How Dr Job Paupersum gave his Daughter Red Roses

Sitting motionless and staring into space late one night in the sumptuous Café Stefanie in Munich was an old man of the most remarkable appearance. The threadbare tie, that had taken on a life of its own, and the massive domed forehead with hair flowing down to the back of his neck indicated a distinguished scholar.

The old gentleman possessed little in the way of worldly goods, apart from a sparse silver Vandyke, which, from its source among seven warts on his chin, just reached down to that point of his waistcoat where unworldly thinkers generally have a button missing.

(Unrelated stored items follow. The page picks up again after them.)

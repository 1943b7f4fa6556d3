//! Numbers in decimal digits.
ghost use Rattle.std.specs.Prelude.{◌≡◌, ◌<◌, ◌^◌, ◌++◌, ℕ, decimal, IfSome, OnErr, OnOk};
ghost use Rattle.std.specs.Fmt.{signed_decimal};
ghost use Rattle.ir_values.specs.Decimals.{decimal_value};

use crate::Bytes;
use crate::memory::Memory;
use itoa::Buffer;

/// The number below 2^64 whose decimal digits the text is, without a sign and without a leading zero
/// before another digit. None exactly where there is no such number. It takes no memory.
pub fn parse_decimal(text: &[u8]) -> Option<u64>
    ensures value { result ≡ decimal_value text.now }
    ensures sound { IfSome result (λ n. text.now ≡ decimal n) }
    ensures complete { (n : ℕ) → n < 2 ^ 64 → text.now ≡ decimal n → result ≡ Some n }
{
    let Ok(digits) = str::from_utf8(text) else {
        return None;
    };
    let Ok(n) = digits.parse::<u64>() else {
        return None;
    };
    if Buffer::new().format(n).as_bytes() != text {
        return None;
    }
    Some(n)
}

/// Adds the decimal digits of `n` last. [`Memory`] leaves the text as it was.
pub fn push_decimal(text: &mut Bytes, n: u128) -> Result<(), Memory>
    ensures ok { OnOk result (text.new ≡ text.old ++ decimal n) }
    ensures err { OnErr result (text.new ≡ text.old) }
{
    let mut buffer = Buffer::new();
    text.extend_from_slice(buffer.format(n).as_bytes())
}

/// Adds the decimal digits of `n` last, behind a `-` where it is below zero. [`Memory`] leaves the text
/// as it was.
pub fn push_signed(text: &mut Bytes, n: i128) -> Result<(), Memory>
    ensures ok { OnOk result (text.new ≡ text.old ++ signed_decimal n) }
    ensures err { OnErr result (text.new ≡ text.old) }
{
    let mut buffer = Buffer::new();
    text.extend_from_slice(buffer.format(n).as_bytes())
}
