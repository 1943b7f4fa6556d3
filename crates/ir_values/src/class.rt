//! The classes of declared functions.

/// What a declared runtime or quantum function does (QIR specification, 'Runtime Functions' and
/// 'Quantum Instruction Set').
#[derive(Clone, Copy, Debug, PartialEq, Eq, Hash)]
pub enum Class {
    /// Initialises the runtime.
    Init,
    /// Allocates a qubit.
    Alloc,
    /// Releases a qubit.
    Release,
    /// Gives the constant result one.
    One,
    /// Gives the constant result zero.
    Zero,
    /// Compares two results.
    Equal,
    /// Changes a result's reference count.
    Count,
    /// Reads a result's bit.
    Read,
    /// Records the beginning of a tuple.
    Tuple,
    /// Records the beginning of an array.
    Array,
    /// Records a result.
    ResRecord,
    /// Records a boolean.
    BoolRecord,
    /// Records an integer.
    IntRecord,
    /// Records a double.
    DoubleRecord,
    /// Measures a qubit and returns a fresh result.
    Returning,
    /// Measures into a result that is given.
    Measure,
    /// An operation without a result.
    Gate,
}
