//! The parts of the lowered program that is made of the configurations of an admitted module start, lead
//! on, and define and use their values as those of a valid one do.
#![tactic(auto)]

pub mod laws;
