//! Types of values.
ghost use Rattle.std.specs.Prelude.{◌≡◌, ◌<◌, ◌^◌, ◌++◌, length, IsTrue, IfOk, OnOk};
ghost use Rattle.std.proofs.Common.{rules};
ghost use Rattle.ir_values.specs.Equal.{equal_decides};
ghost use Rattle.ir_values.specs.Types as spec;
ghost use Rattle.ir_values.specs.Words.{spells};

use crate::data::{Copies, Exact};
use crate::int::Width;
use crate::memory::Memory;
use crate::seq::Seq;
use crate::sig::{Sig, TyWord, Words};
use std::alloc::Global;

/// A type: `void`, an integer type, `double`, `%Qubit*`, `%Result*`, `i8*` (a text) or a function
/// pointer type (LLVM Language Reference, 'Type System'; QIR specification, 'Data Types').
#[derive(Debug, Drop, PartialEq, Eq, Hash)]
pub enum Ty {
    Void,
    Int(Width),
    Double,
    Qubit,
    Res,
    Text,
    Func(Sig),
}

/// A list of types.
pub type Tys = Seq<Ty>;

impl Copies for Ty {
    fn copy(&self, alloc: Global) -> Result<Ty, Memory> {
        Ok(match self {
            Ty::Void => Ty::Void,
            Ty::Int(width) => Ty::Int(*width),
            Ty::Double => Ty::Double,
            Ty::Qubit => Ty::Qubit,
            Ty::Res => Ty::Res,
            Ty::Text => Ty::Text,
            Ty::Func(sig) => Ty::Func(sig.copy(alloc)?),
        })
    }
}

impl Exact for Ty {
    ghost exact = { Prim.search (rules, equal_decides) };
}

impl Ty {
    /// Adds the words of the type last.
    fn push_words(&self, alloc: Global, words: &mut Words) -> Result<(), Memory>
        ensures ok { OnOk result (words.new ≡ words.old ++ spec.words_of self.now) }
        ensures one { IsTrue (spells (spec.words_of self.now) 1) }
    {
        match self {
            Ty::Void => words.push(TyWord::Void),
            Ty::Int(width) => words.push(TyWord::Int(*width)),
            Ty::Double => words.push(TyWord::Double),
            Ty::Qubit => words.push(TyWord::Qubit),
            Ty::Res => words.push(TyWord::Res),
            Ty::Text => words.push(TyWord::Text),
            Ty::Func(sig) => words.append(sig.words().copy(alloc)?),
        }
    }
}

impl Sig {
    /// The type of the functions that give `ret` and take `params`, fewer than 2^32. [`Memory`] comes
    /// where there is none for its words.
    pub fn new(alloc: Global, ret: &Ty, params: &Tys) -> Result<Sig, Memory>
        requires { length params.now < 2 ^ 32 }
        ensures { IfOk result (λ s. s ≡ spec.signature ret.now params.now) }
    {
        let mut words = Seq::new(alloc);
        words.push(TyWord::Func(params.len() as u32))?;
        ret.push_words(alloc, &mut words)?;
        for param in params.as_slice() {
            param.push_words(alloc, &mut words)?;
        }
        Ok(Sig::from_words(words))
    }
}
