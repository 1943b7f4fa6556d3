//! The spellings of doubles.
ghost use Rattle.std.specs.Prelude.{◌≡◌, ◌↔◌, IsNone, IsTrue, IfSome, false};
ghost use Rattle.std.proofs.Common.{rules};
ghost use Rattle.ir_values.specs.Equal.{equal_decides};
ghost use Rattle.ir_values.specs.Double as spec;

use crate::Bytes;
use crate::data::{Copies, Exact};
use crate::double::is_double;
use crate::memory::Memory;
use std::alloc::Global;
use std::marker::Model;

/// The spelling of a double, seen by contracts as its bytes (LLVM Language Reference, 'Simple
/// Constants'). No arithmetic is done on it: two doubles are equal exactly where their spellings are.
#[derive(Debug, Drop, PartialEq, Eq, Hash)]
pub struct Token {
    bytes: Bytes,
}

impl Model for Token {
    ghost use Rattle.std.specs.Prelude.{List, ℕ, IsTrue};
    ghost use Rattle.ir_values.specs.Double.{is_double};

    ghost Value = { List ℕ };

    ghost view = { λ t. t.bytes };

    ghost invariant = { λ t. IsTrue (is_double t.bytes) };

    ghost inverse = { λ bytes. record { bytes = bytes } };
}

impl Token {
    /// The spelling of these bytes. None exactly where they don't spell a double. It takes no memory.
    pub fn new(bytes: Bytes) -> Option<Token>
        ensures none { IsNone result ↔ (spec.is_double bytes ≡ false) }
        ensures value { IfSome result (λ t. t ≡ bytes) }
    {
        if is_double(bytes.as_slice()) {
            Some(Token { bytes })
        } else {
            None
        }
    }

    /// The bytes of the spelling.
    pub fn as_slice(&self) -> &[u8]
        ensures value { result.now ≡ self.now }
        ensures double { IsTrue (spec.is_double self.now) }
    {
        self.bytes.as_slice()
    }
}

impl Copies for Token {
    fn copy(&self, alloc: Global) -> Result<Token, Memory> {
        Ok(Token {
            bytes: self.bytes.copy(alloc)?,
        })
    }
}

impl Exact for Token {
    ghost exact = { Prim.search (rules, equal_decides) };
}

If truth be told, that was the sum total of his worldly possessions. When, therefore, the snappily dressed professional gentleman with the pince-nez and black waxed moustache at the corner table diagonally opposite, who up to that point had devoured a portion of cold salmon, lifting each mouthful to his lips on the point of his knife (each time a diamond the size of a cherry glinted on his elegantly extended little finger) and now and then casting protuberantly searching glances in his direction — when, therefore, this gentleman wiped his lips, stood up, crossed the almost empty café, bowed and said, ‘Would you be interested in a game of chess, sir? At one mark per game, perhaps?’ Paupersum’s reaction was all the more eager.

Vivid phantasmagoria of all kinds of opulence and indulgence appeared before the scholar’s mind’s eye and even as an inner voice whispered, ‘God must have sent me this chump,’ his lips were already commanding the waiter, who had just come bustling up and set off, as was his wont, a range of faults in the electric light bulbs, ‘Julius! A chessboard. ’

‘If I’m not mistaken, it’s Dr Paupersum I have the pleasure of addressing?’ was the opening conversational gambit of the professional gentleman with the waxed moustache.

‘Job … yes, er, yes, Job Paupersum,’ the scholar admitted abstractedly, for he was spellbound by the magnificence of the whopping great emerald, in the shape of a car headlamp, on the tie-pin adorning the throat of his opponent. Only the arrival of the chessboard released him from the spell and in no time at all the pieces were set up, the loose knights fixed with spittle and the missing castle replaced by a bent matchstick.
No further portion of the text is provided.